Die Bewohner/innen Chorweilers befürchten, dass sich in den 1.200 zwangsverwalteten Wohnungen die missliche Lage nach einem drohenden Verkauf an einen Finanzinvestor noch verschärft. Durch die Aktivitäten des lokalen Zusammenschlusses ‚Wir sind Chorweiler‘ ist es aber gelungen, einen ersten Termin der Zwangsversteigerung im Januar 2013 zu verhindern. Auch der Oberbürgermeister hat zugesagt, sich für den Stadtteil einzusetzen. Eine Projektgruppe Chorweiler wurde gegründet, die Einfluss darauf nehmen soll, an wen die Wohnungen letztendlich verkauft werden. Für das ungünstigste Szenario eines Verkaufs an einen renditehungrigen Finanzinvestor wurde eine sogenannte Task-Force-Gruppe geschaffen, die bei groben Vernachlässigungen oder unzulässigen Mieterhöhungspraktiken Bußgelder verhängen soll.
Mieterprotest in Köln
In Köln ist organisierter Mieterprotest noch recht jung, aber gerade deutlich im Kommen. Auf Veranstaltungen und Demonstrationen werden die Praktiken der Finanzinvestoren öffentlich gerügt, eine Recht-auf-Stadt-Initiative hat sich in Köln gegründet und neuerdings werden sogar Zwangsräumungen blockiert. Man kann verhalten optimistisch sein, dass sich so die Beziehungen kämpfender Mieter/innen stadtteil- und stadtübergreifend verstetigen können, um den Eigentümer/innen die Mieterinteressen relevant entgegenzusetzen.

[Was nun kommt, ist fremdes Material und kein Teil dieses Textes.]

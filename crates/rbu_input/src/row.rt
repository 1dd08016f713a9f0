// Reads a row of a `data_` table.
ghost use Rattle.std.specs.Prelude.{◌≡◌, ◌≤◌, ◌<◌, ◌⊎◌, ℕ, List, IfOk, IfErr, OnOk, Some, None, length, slice_index_or, slice_set, replicate, true, false};
ghost use Rattle.common_spec.specs.Reading.{OrFault, ReadsOrWants};
ghost use Rattle.format_spec.specs.Record.{canonical_record};
ghost use Rattle.rbu_value.specs.declared.value.Value.TheVariants.{Null};
ghost use Rattle.rbu_rows.specs.declared.control.ControlFault.{ControlFault as AnyControlFault};
ghost use Rattle.rbu_rows.specs.Controls.{IsControl, HasFault as ControlHasFault, IsMemory as IsControlWant};
ghost use Rattle.prepared_spec.specs.declared.input_fault.InputFault.{InputFault as AnyFault};
ghost use Rattle.refusal.specs.declared.Measure.TheVariants.{Record};
ghost use Rattle.prepared_spec.specs.declared.input_fault.RecordCause.{RecordCause as AnyCause};
ghost use Rattle.rbu_input.specs.declared.values.Unread.{Unread as AnyUnread};
ghost use Rattle.schema_spec.specs.declared.schema.Table.{Table as AnyTable};
ghost use Rattle.prepared_spec.specs.RowKeys.{key_at};
ghost use Rattle.prepared_spec.specs.Tables.{stored_values};
ghost use Rattle.prepared_spec.specs.PreparedRows.{ChangesSome, IsPrepared, IsUnprepared, IsWrongRow, key_fault, record_length as record_length_of};
ghost use Rattle.compared_keys.specs.Keys.{HasKey};
ghost use Rattle.rbu_input.specs.Layouts.{IsLayout, marks_at, reordered, values_at};
ghost use Rattle.rbu_input.specs.RowAnswers.{HasValues, IsRefused, IsRightRow, IsWant, Refuses, member_with};

use crate::fault::InputError;
use crate::layout::Layout;
use crate::values::{Unread, copy_all, copy_at, row_values};
use crate::wrong::{class_changed, has_null, has_rowid_key, is_integer_key, key_changed, uses};
use owned_list::OwnedList;
use prepared_spec::InputFault;
use rbu_rows::{Control, ControlFault, Prepared, read_control};
use rbu_value::{Bytes, Value};
use record_codec::record_length;
use refusal::Measure;
use schema_spec::Table;
use std::alloc::{AllocError, Global};
use std::mem;
use tree_walk::Row;

/// A prepared row, with the length of its record.
#[derive(Drop)]
pub struct SizedRow {
    pub prepared: Prepared,
    pub length: usize,
}

// Marks in the order of their places.
fn marks_in_order(alloc: Global, marks: &[bool], places: &[usize]) -> Result<Vec<bool>, AllocError>
    ensures { IfOk result (λ ordered. ordered.items ≡ marks_at marks.now places.now) }
{
    let mut ordered = Vec::new(alloc);
    let mut left = places;
    while let [at, rest @ ..] = left {
        ordered.push(marks.get(*at).copied().unwrap_or(false))?;
        left = rest;
    }
    Ok(ordered)
}

// A control with its marks in the order of the target's columns.
fn in_target_order(
    alloc: Global,
    control: Control,
    letters: &[usize],
) -> Result<Control, AllocError>
    ensures { IfOk result (λ ordered. ordered ≡ reordered letters.now control) }
{
    match control {
        Control::Insert => Ok(Control::Insert),
        Control::Replace => Ok(Control::Replace),
        Control::Delete => Ok(Control::Delete),
        Control::Update(marks) => {
            let ordered = marks_in_order(alloc, marks.as_slice(), letters)?;
            Ok(Control::Update(OwnedList::from_vec(ordered)))
        }
    }
}
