//! What an update is: the transaction of all prepared rows, its steps, its faults and its outcome.
//!
//! A crate of definitions. Crates above cite, from `specs/`:
//!
//! - `DataTables`, `PreparedRows` and `Inputs`: the prepared rows of an RBU database for a target, as groups of batches, or the first refusal (The RBU Extension, section 2.1);
//! - `TargetRecords`: the first record of a targeted table that is not read as a row;
//! - `RowKeys`: the keys of rows, and which row a prepared row means;
//! - `Tables`: a table after the batches of a group;
//! - `StepFaults`: the constraint faults of prepared rows, and the changes of an index with theirs;
//! - `Plans`: the steps of a transaction in order;
//! - `Outcomes`: the database midway, and the outcome;
//! - `StepRecords` and `NeededPages`: what each step puts into a tree, and whether the database has room for all of it.
//!
//! `LittleUpdate`, `LittleGroups`, `LittleRows` and `LittleSteps` were worked out by hand. The modules that end in `Laws` say what follows; the functions without parameters promise the main laws.
#![tactic(auto)]

mod input_fault;
mod laws;
mod violation;
mod worked;

pub use input_fault::{InputFault, RecordCause};
pub use laws::{
    midway_begins_with_the_old_database, midway_ends_with_the_new_lists,
    no_rows_change_only_counters, order_of_data_tables_plays_no_part, order_of_rows_plays_no_part,
    prepared_rows_or_one_refusal, targets_are_plain_or_have_one_fault,
    transaction_has_one_list_of_steps, transaction_has_one_outcome,
};
pub use violation::{Change, Violation};
pub use worked::{
    worked_batches, worked_clash, worked_exchange, worked_faults, worked_freeing, worked_keyless,
    worked_room, worked_rows, worked_too_long, worked_update,
};
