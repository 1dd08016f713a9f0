// Why an RBU database over a store has no prepared rows.
ghost use Rattle.std.specs.Prelude.{◌≡◌, None};
ghost use Rattle.tree_spec.specs.Faults.{fault_in as tree_fault_in};
ghost use Rattle.rbu_input.specs.Reading.{fault_in, of_input_error, of_tree_fault};

use crate::fault::InputError;
use prepared_spec::InputFault;
use refusal::Rule;
use std::alloc::AllocError;
use tree_walk::TreeFault;

/// Why the prepared rows of a store are not read. `F` is what the store answers where it fails.
#[derive(Drop)]
pub enum StoreFault<F> {
    /// They are refused.
    Refused(InputFault),
    /// The store failed.
    Store(F),
    /// There is no memory.
    Memory(AllocError),
}

// The damage that a walk meets. A walk takes no page, and so it meets no freelist and no limit.
pub(crate) fn of_tree<F>(fault: TreeFault<F>) -> StoreFault<F>
    ensures is { result ≡ of_tree_fault fault }
    ensures cause { fault_in result ≡ tree_fault_in fault }
{
    match fault {
        TreeFault::TreeDamaged { page, rule } => {
            StoreFault::Refused(InputFault::TreeDamaged { page, rule })
        }
        TreeFault::TrunkDamaged { page } => StoreFault::Refused(InputFault::TreeDamaged {
            page,
            rule: Rule::Trunk,
        }),
        TreeFault::TargetFull { pages, limit: _ } => {
            StoreFault::Refused(InputFault::TreeDamaged {
                page: pages,
                rule: Rule::Count,
            })
        }
        TreeFault::Store(fault) => StoreFault::Store(fault),
        TreeFault::Memory(error) => StoreFault::Memory(error),
    }
}

// A fault of a call that reads no page.
pub(crate) fn of_input<F>(fault: InputError) -> StoreFault<F>
    ensures is { result ≡ of_input_error fault }
    ensures cause { fault_in result ≡ None }
{
    match fault {
        InputError::Refused(fault) => StoreFault::Refused(fault),
        InputError::Memory(error) => StoreFault::Memory(error),
    }
}
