// Laws about the definitions.
ghost use Rattle.std.specs.Prelude.{◌≡◌, ◌≤◌, ℕ, List, [], sum_by};
ghost use Rattle.std.specs.List.{AllByRecursion};
ghost use Rattle.common_spec.specs.Reading.{OrFault};
ghost use Rattle.common_spec.specs.ReadingLaws.{IsOne};
ghost use Rattle.rbu_rows.specs.declared.prepared.Batch.{Batch};
ghost use Rattle.tree_spec.specs.Standing.{Sizes, Paged};
ghost use Rattle.database_spec.specs.declared.catalog.Catalog.{Catalog};
ghost use Rattle.database_spec.specs.Databases.{Database};
ghost use Rattle.prepared_spec.specs.declared.input_fault.InputFault.{InputFault};
ghost use Rattle.prepared_spec.specs.Inputs.{ArePreparedRows, HasInputFault};
ghost use Rattle.prepared_spec.specs.Outcomes.{next_header, IsMid, IsNew, TransactionResult, IsOutcome};
ghost use Rattle.prepared_spec.specs.TargetRecords.{TargetIsPlain, TargetHasFault};
ghost use Rattle.prepared_spec.specs.StepRecords.{AreSteps, HasTooLongStep};
ghost use Rattle.prepared_spec.specs.ReorderingLaws.{HasSameTables, HaveSameRows};
ghost use Rattle.prepared_spec.specs.Plans.{plan_steps};
ghost use Rattle.prepared_spec.specs.FinishLaws.{HeldProjections};
ghost use Rattle.prepared_spec.specs.MidwayLaws.{IsSettled, RootsRise};

/// An RBU database holds one list of prepared rows for a target or has one first refusal, and never both.
pub fn prepared_rows_or_one_refusal()
    ensures { (sizes : Sizes) (base : Paged) (target rbu : Catalog) → IsOne (OrFault (ArePreparedRows sizes base target rbu) (HasInputFault sizes base target rbu)) }
{}

/// The order of the `data_` tables in the schema of an RBU database, and its other tables, play no part.
pub fn order_of_data_tables_plays_no_part()
    ensures rows { (sizes : Sizes) (base : Paged) (target rbu other : Catalog) (groups : List (List Batch))
        → HasSameTables rbu other → ArePreparedRows sizes base target rbu groups → ArePreparedRows sizes base target other groups }
    ensures fault { (sizes : Sizes) (base : Paged) (target rbu other : Catalog) (fault : InputFault)
        → HasSameTables rbu other → HasInputFault sizes base target rbu fault → HasInputFault sizes base target other fault }
{}

/// The order of the rows of a batch plays no part in what a transaction comes to, nor in the databases midway.
pub fn order_of_rows_plays_no_part()
    ensures outcome { (catalog : Catalog) (old : Database) (groups others : List (List Batch)) (result : TransactionResult)
        → HaveSameRows groups others → IsOutcome catalog old groups result → IsOutcome catalog old others result }
    ensures midway { (catalog : Catalog) (old mid : Database) (groups others : List (List Batch)) (n : ℕ)
        → HaveSameRows groups others → IsMid catalog old groups n mid → IsMid catalog old others n mid }
{}

/// The tables that batches are for are plain, or have one first fault, and never both.
pub fn targets_are_plain_or_have_one_fault()
    ensures { (sizes : Sizes) (base : Paged) (catalog : Catalog) (batches : List Batch)
        → IsOne (OrFault {A = Unit {0}} (λ (done : Unit {0}). TargetIsPlain sizes base catalog batches) (TargetHasFault sizes base catalog batches)) }
{}

/// A transaction has at most one list of steps, and at most one of them is the first that puts a record that no cell can have.
pub fn transaction_has_one_list_of_steps()
    ensures steps { (catalog : Catalog) (old : Database) (groups : List (List Batch)) → IsOne (AreSteps catalog old groups) }
    ensures too_long { (catalog : Catalog) (old : Database) (groups : List (List Batch)) → IsOne (HasTooLongStep catalog old groups) }
{}

/// A transaction of prepared rows has at most one outcome.
pub fn transaction_has_one_outcome()
    ensures { (catalog : Catalog) (old : Database) (groups : List (List Batch)) → IsOne (IsOutcome catalog old groups) }
{}

/// The database midway at the first step is the old one.
pub fn midway_begins_with_the_old_database()
    ensures { (catalog : Catalog) (old mid : Database) (groups : List (List Batch)) (is : IsMid catalog old groups 0 mid) → RootsRise old.lists → AllByRecursion (IsSettled old.lists) is.plans → mid ≡ old }
{}

/// An update without rows changes only the counters.
pub fn no_rows_change_only_counters()
    ensures { (catalog : Catalog) (old new : Database) → IsNew catalog old [] new → (new.header ≡ next_header old.header) × (new.lists ≡ old.lists) }
{}

/// Midway behind all steps the lists are those of the new database, where each index held the projection of its table.
pub fn midway_ends_with_the_new_lists()
    ensures { (catalog : Catalog) (old mid new : Database) (groups : List (List Batch)) (n : ℕ) (is : IsMid catalog old groups n mid) → sum_by plan_steps is.plans ≤ n
        → AllByRecursion (HeldProjections old.lists) is.plans → IsNew catalog old is.plans new → mid.lists ≡ new.lists }
{}
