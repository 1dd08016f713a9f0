// Where the columns of a target stand in its `data_` table.
ghost use Rattle.std.specs.Prelude.{◌≡◌, ◌+◌, IfOk, length, map, filter, replicate};
ghost use Rattle.schema_spec.specs.Names.{place_of as place_among};
ghost use Rattle.prepared_spec.specs.DataTables.{column_names, has_column as has_column_of};
ghost use Rattle.prepared_spec.specs.PreparedRows.{lettered};
ghost use Rattle.rbu_input.specs.Layouts.{IsLayout, places_of};

use schema_spec::{Column, Table};
use schema_tokens::same_name;
use std::alloc::{AllocError, Global};

/// Where the columns of a target stand in its `data_` table, by places from 0.
#[derive(Drop)]
pub struct Layout {
    /// The place of each column of the target.
    pub columns: Vec<usize>,
    /// The place of the letter of each column of the target.
    pub letters: Vec<usize>,
    /// The place of `rbu_control`.
    pub control: usize,
    /// The place of `rbu_rowid`, which is the number of columns where there is none.
    pub rowid: usize,
    /// The columns of the target's key.
    pub key: Vec<usize>,
    /// A mark for each column of the target that says that it is used.
    pub every: Vec<bool>,
    /// A mark for each that says that it is not.
    pub no: Vec<bool>,
}

// The place of the first column of the name, which is their number where there is none.
fn place_of(columns: &[Column], name: &[u8]) -> usize
    ensures { result ≡ place_among name.now (map (λ column. column.name) columns.now) }
{
    let mut place = 0;
    let mut left = columns;
    while let [column, rest @ ..] = left {
        if same_name(column.name.as_slice(), name) {
            return place;
        }
        place += 1;
        left = rest;
    }
    place
}

/// Whether a table has a column of the name.
pub(crate) fn has_column(table: &Table, name: &[u8]) -> bool
    ensures { result ≡ has_column_of name.now table.now }
{
    let mut left = table.columns.as_slice();
    while let [column, rest @ ..] = left {
        if same_name(name, column.name.as_slice()) {
            return true;
        }
        left = rest;
    }
    false
}

// The place of the letter of a column: among those of the `data_` table that the target has.
fn letter_of(target: &Table, columns: &[Column], name: &[u8]) -> usize
    ensures { result ≡ place_among name.now (filter (λ name. has_column_of name target.now) (map (λ column. column.name) columns.now)) }
{
    let mut place = 0;
    let mut left = columns;
    while let [column, rest @ ..] = left {
        if has_column(target, column.name.as_slice()) {
            if same_name(column.name.as_slice(), name) {
                return place;
            }
            place += 1;
        }
        left = rest;
    }
    place
}

fn column_places(alloc: Global, target: &Table, own: &Table) -> Result<Vec<usize>, AllocError>
    ensures { IfOk result (λ places. places.items ≡ places_of (column_names target.now) (column_names own.now)) }
{
    let mut places = Vec::new(alloc);
    let mut left = target.columns.as_slice();
    while let [column, rest @ ..] = left {
        places.push(place_of(own.columns.as_slice(), column.name.as_slice()))?;
        left = rest;
    }
    Ok(places)
}

fn letter_places(alloc: Global, target: &Table, own: &Table) -> Result<Vec<usize>, AllocError>
    ensures { IfOk result (λ places. places.items ≡ places_of (column_names target.now) (lettered target.now own.now)) }
{
    let mut places = Vec::new(alloc);
    let mut left = target.columns.as_slice();
    while let [column, rest @ ..] = left {
        places.push(letter_of(target, own.columns.as_slice(), column.name.as_slice()))?;
        left = rest;
    }
    Ok(places)
}

fn key_places(alloc: Global, target: &Table) -> Result<Vec<usize>, AllocError>
    ensures { IfOk result (λ places. places.items ≡ target.now.key) }
{
    let mut places = Vec::new(alloc);
    let mut left = target.key.as_slice();
    while let [place, rest @ ..] = left {
        places.push(*place as usize)?;
        left = rest;
    }
    Ok(places)
}

// So many marks.
fn marks(alloc: Global, mark: bool, count: usize) -> Result<Vec<bool>, AllocError>
    ensures { IfOk result (λ marks. marks.items ≡ replicate count mark) }
{
    vec![in alloc; mark; count]
}

/// The layout of a `data_` table for its target.
pub fn layout_of(alloc: Global, target: &Table, own: &Table) -> Result<Layout, AllocError>
    ensures { IfOk result (IsLayout target.now own.now) }
{
    let columns = column_places(alloc, target, own)?;
    let letters = letter_places(alloc, target, own)?;
    let key = key_places(alloc, target)?;
    let count = target.columns.as_slice().len();
    let every = marks(alloc, true, count)?;
    let no = marks(alloc, false, count)?;
    Ok(Layout {
        columns,
        letters,
        control: place_of(own.columns.as_slice(), b"rbu_control"),
        rowid: place_of(own.columns.as_slice(), b"rbu_rowid"),
        key,
        every,
        no,
    })
}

Am 26. September 2013 berichteten Knut Unger vom MieterInnenverein Witten und Siggi Heidt vom Sozialbüro der katholischen Pfarrgemeinde Chorweiler im Rahmen der Veranstaltungsreihe „Wohnen in der Krise. NEOLIBERALISMUS – KÄMPFE – PERSPEKTIVEN“ über das Wohnen in Nordrhein-Westfalen. Nataliya Chestnova ergänzte aus ihren Erfahrungen als Mieterin in Chorweiler.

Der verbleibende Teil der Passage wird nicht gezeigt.